First, find the app you want. You can check out Kotobee’s Mini-apps, Book Widgets, or Bookry. Follow the instructions to purchase and download the widget. Then, follow the instructions of your interactive ebook creation platform. You’ll be surprised how quick and easy it is.

v. Questions

This interactive feature is especially useful in educational ebooks. Because what is a better way to keep students on their toes and help the information stick than to include quizzes and self-assessments?  

These assessments could be in the form of MCQs, true or false, short answers, or drag-and-drop questions. The score can then be calculated automatically, and you can review a report with the answers of each reader.

Important Read: The Power of Questions in Interactive Ebooks

interactive ebook questions

2. Design

Your ebook design is just as important as the text and interactive features. The human eyes are immediately drawn to colors and images, which (when chosen carefully) can help elevate your ebook and make it stand out from the competition. So let’s take a look at the different components of your ebook design.

  1. Cover

For some authors, the cover design is done while they’re still thinking about what they want to write. For many others who have a way with words, but not with images, it can be a daunting task. Luckily, there are many websites, such as Canva and Venngage, that make this task easier. And here are a few tips that will help you create an outstanding cover:

  • Pick a descriptive image.
  • Use complementary colors.
  • Make the text easy to read.
  • Give the element space to breathe.
  • Keep things simple.
  • Experiment and have fun.

Important Read: 9 Ebook Cover Tips for Beginners

  1. Layout

When creating an ebook, there are two layout formats you can choose from a reflowable layout or a fixed layout. Each one has its uses, advantages, and drawbacks. It all depends on what you’re creating and who you’re creating it for.

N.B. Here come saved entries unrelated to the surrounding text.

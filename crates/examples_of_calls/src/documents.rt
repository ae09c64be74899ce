// Kinds of JSON values, fields, and lists.
use crate::forms::{Distinct, Numbers, Point, Token, read_point};
use call_lines::{Call, Stop, none, quoted, refused};
use mesh_doc::{
    AnyNumber, AnyText, DocError, Form, Place, Spot, Tested, entries, entries_in_turn, field, list,
    listed, listed_in_turn, listed_written, number, object, only_fields, optional,
    optional_written, or_empty, required, required_written, text, truth, written,
};
use mesh_text::{List, Text};
use serde_json::Value;
use std::alloc::Global;

pub fn answer(alloc: Global, call: &Call) -> Result<Option<String>, Stop> {
    match call.name {
        "field" => json(alloc, field(call.value(0)?, call.text(1)?)),
        "written" => json(alloc, written(call.value(0)?, call.text(1)?)),
        "read_point" => point(alloc, call.value(0)?),
        _ => of_kind(alloc, call),
    }
}

fn json(alloc: Global, v: Option<&Value>) -> Result<Option<String>, Stop> {
    match v {
        None => none(alloc),
        Some(v) => Ok(Some(v.to_string(alloc)?)),
    }
}

// The point at the third entry of `spec`.
fn point(alloc: Global, v: &Value) -> Result<Option<String>, Stop> {
    let place: Place = List::new(alloc);
    let whole = Spot::of(&place);
    let spec = Spot::key(&whole, "spec");
    match read_point(alloc, v, &Spot::index(&spec, 2)) {
        Ok(point) => Ok(Some(shown_point(alloc, &point)?)),
        Err(error) => Ok(Some(refused(alloc, error)?)),
    }
}

fn shown_point(alloc: Global, point: &Point) -> Result<String, Stop> {
    let mut out = String::new(alloc);
    if let Some(name) = &point.name {
        write!(out, "{name} ")?;
    }
    write!(out, "{} {:?}", point.x, point.on.as_slice())?;
    if let Some(more) = &point.more {
        write!(out, " {:?}", more.as_slice())?;
    }
    Ok(out)
}

// What a value of a kind is, at the whole document.
fn of_kind(alloc: Global, call: &Call) -> Result<Option<String>, Stop> {
    let whole: Place = List::new(alloc);
    match call.name {
        "object" => nothing(alloc, object(alloc, call.value(0)?, &whole)),
        "only_fields" => {
            nothing(
                alloc,
                only_fields(alloc, call.value(0)?, call.text(1)?, &whole),
            )
        }
        "text" => text_or_fault(alloc, text(alloc, call.value(0)?, &whole)),
        "number" => number_or_fault(alloc, number(alloc, call.value(0)?, &whole)),
        "truth" => truth_or_fault(alloc, truth(alloc, call.value(0)?, &whole)),
        "list" => count_or_fault(alloc, list(alloc, call.value(0)?, &whole)),
        _ => of_list(alloc, call, &Spot::of(&whole)),
    }
}

fn of_list(alloc: Global, call: &Call, at: &Spot) -> Result<Option<String>, Stop> {
    match call.name {
        "entries" => numbers(
            alloc,
            entries::<AnyNumber>(alloc, call.value(0)?, most(call, 1)?, at),
        ),
        "entries_in_turn" => numbers(
            alloc,
            entries_in_turn::<Distinct>(
                alloc,
                List::new(alloc),
                call.value(0)?,
                most(call, 1)?,
                at,
            ),
        ),
        "members" => numbers(alloc, Numbers::read(alloc, call.value(0)?, at)),
        "or_empty" => numbers(
            alloc,
            or_empty::<Numbers>(alloc, call.value(0)?, call.text(1)?, at),
        ),
        "tested" => text_or_fault(alloc, Tested::<Token>::read(alloc, call.value(0)?, at)),
        _ => of_field(alloc, call, at),
    }
}

// What stands in the field that the second argument names.
fn of_field(alloc: Global, call: &Call, at: &Spot) -> Result<Option<String>, Stop> {
    match call.name {
        "listed" => numbers(
            alloc,
            listed::<AnyNumber>(alloc, call.value(0)?, call.text(1)?, most(call, 2)?, at),
        ),
        "listed_written" => numbers(
            alloc,
            listed_written::<AnyNumber>(alloc, call.value(0)?, call.text(1)?, most(call, 2)?, at),
        ),
        "listed_in_turn" => numbers(
            alloc,
            listed_in_turn::<Distinct>(
                alloc,
                List::new(alloc),
                call.value(0)?,
                call.text(1)?,
                most(call, 2)?,
                at,
            ),
        ),
        _ => of_text_field(alloc, call, at),
    }
}

fn of_text_field(alloc: Global, call: &Call, at: &Spot) -> Result<Option<String>, Stop> {
    match call.name {
        "required" => text_or_fault(
            alloc,
            required::<AnyText>(alloc, call.value(0)?, call.text(1)?, at),
        ),
        "required_written" => text_or_fault(
            alloc,
            required_written::<AnyText>(alloc, call.value(0)?, call.text(1)?, at),
        ),
        "optional" => text_if_any(
            alloc,
            optional::<AnyText>(alloc, call.value(0)?, call.text(1)?, at),
        ),
        "optional_written" => text_if_any(
            alloc,
            optional_written::<AnyText>(alloc, call.value(0)?, call.text(1)?, at),
        ),
        _ => Ok(None),
    }
}

fn most(call: &Call, number: usize) -> Result<u32, Stop> {
    match u32::try_from(call.number(number)?) {
        Ok(most) => Ok(most),
        Err(_) => Err(Stop::Arguments),
    }
}

fn nothing(alloc: Global, outcome: Result<(), DocError>) -> Result<Option<String>, Stop> {
    match outcome {
        Ok(()) => Ok(Some(format!(in alloc; "ok")?)),
        Err(error) => Ok(Some(refused(alloc, error)?)),
    }
}

fn text_or_fault(alloc: Global, outcome: Result<Text, DocError>) -> Result<Option<String>, Stop> {
    match outcome {
        Ok(text) => quoted(alloc, Some(text.as_str())),
        Err(error) => Ok(Some(refused(alloc, error)?)),
    }
}

fn text_if_any(
    alloc: Global,
    outcome: Result<Option<Text>, DocError>,
) -> Result<Option<String>, Stop> {
    match outcome {
        Ok(None) => none(alloc),
        Ok(Some(text)) => quoted(alloc, Some(text.as_str())),
        Err(error) => Ok(Some(refused(alloc, error)?)),
    }
}

fn number_or_fault(alloc: Global, outcome: Result<u64, DocError>) -> Result<Option<String>, Stop> {
    match outcome {
        Ok(number) => Ok(Some(format!(in alloc; "{number}")?)),
        Err(error) => Ok(Some(refused(alloc, error)?)),
    }
}

fn truth_or_fault(alloc: Global, outcome: Result<bool, DocError>) -> Result<Option<String>, Stop> {
    match outcome {
        Ok(truth) => Ok(Some(format!(in alloc; "{truth}")?)),
        Err(error) => Ok(Some(refused(alloc, error)?)),
    }
}

fn count_or_fault(alloc: Global, outcome: Result<usize, DocError>) -> Result<Option<String>, Stop> {
    match outcome {
        Ok(count) => Ok(Some(format!(in alloc; "{count} entries")?)),
        Err(error) => Ok(Some(refused(alloc, error)?)),
    }
}

fn numbers(alloc: Global, outcome: Result<List<u64>, DocError>) -> Result<Option<String>, Stop> {
    match outcome {
        Ok(numbers) => Ok(Some(format!(in alloc; "{:?}", numbers.as_slice())?)),
        Err(error) => Ok(Some(refused(alloc, error)?)),
    }
}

  • Fixed Layout: With a fixed layout, you’ll set precisely where the ebook content (text, images, etc.) will be on the page. This layout is ideal when you want everything to stay in its place regardless of the screen size or orientation.

    You can overlap elements or place them side by side and when your readers zoom in or out, it will be the same as zooming in or out on a photograph. So for example, when your readers zoom in, the whole page will expand beyond the borders of the screen. The reader will need to use the vertical and horizontal scroll bars to see the rest of the page.

You should choose this layout if your readers will be reading your ebook from a desktop computer, like some LMSs that deny mobile access. If you’re writing magazines, comics, or children’s storybooks, you’ll probably prefer a fixed layout as well.

Fixed layout
  • Reflowable Layout: The second type of layout optimizes the content for the viewing screen’s dimensions so that readers simply scroll through each chapter. This option focuses on the content, not the layout. You will simply determine the order of the contents of each chapter, and they will appear in your ebook in the same order. 

One of the advantages of the reflowable layout is that each user can adjust the font size according to personal preference. The same can be said for the screen size. The layout and interactive content will automatically adapt by wrapping and increasing page length, thus enhancing the reading experience, especially on smaller screens. For example, most blog posts and news articles pages are reflowable.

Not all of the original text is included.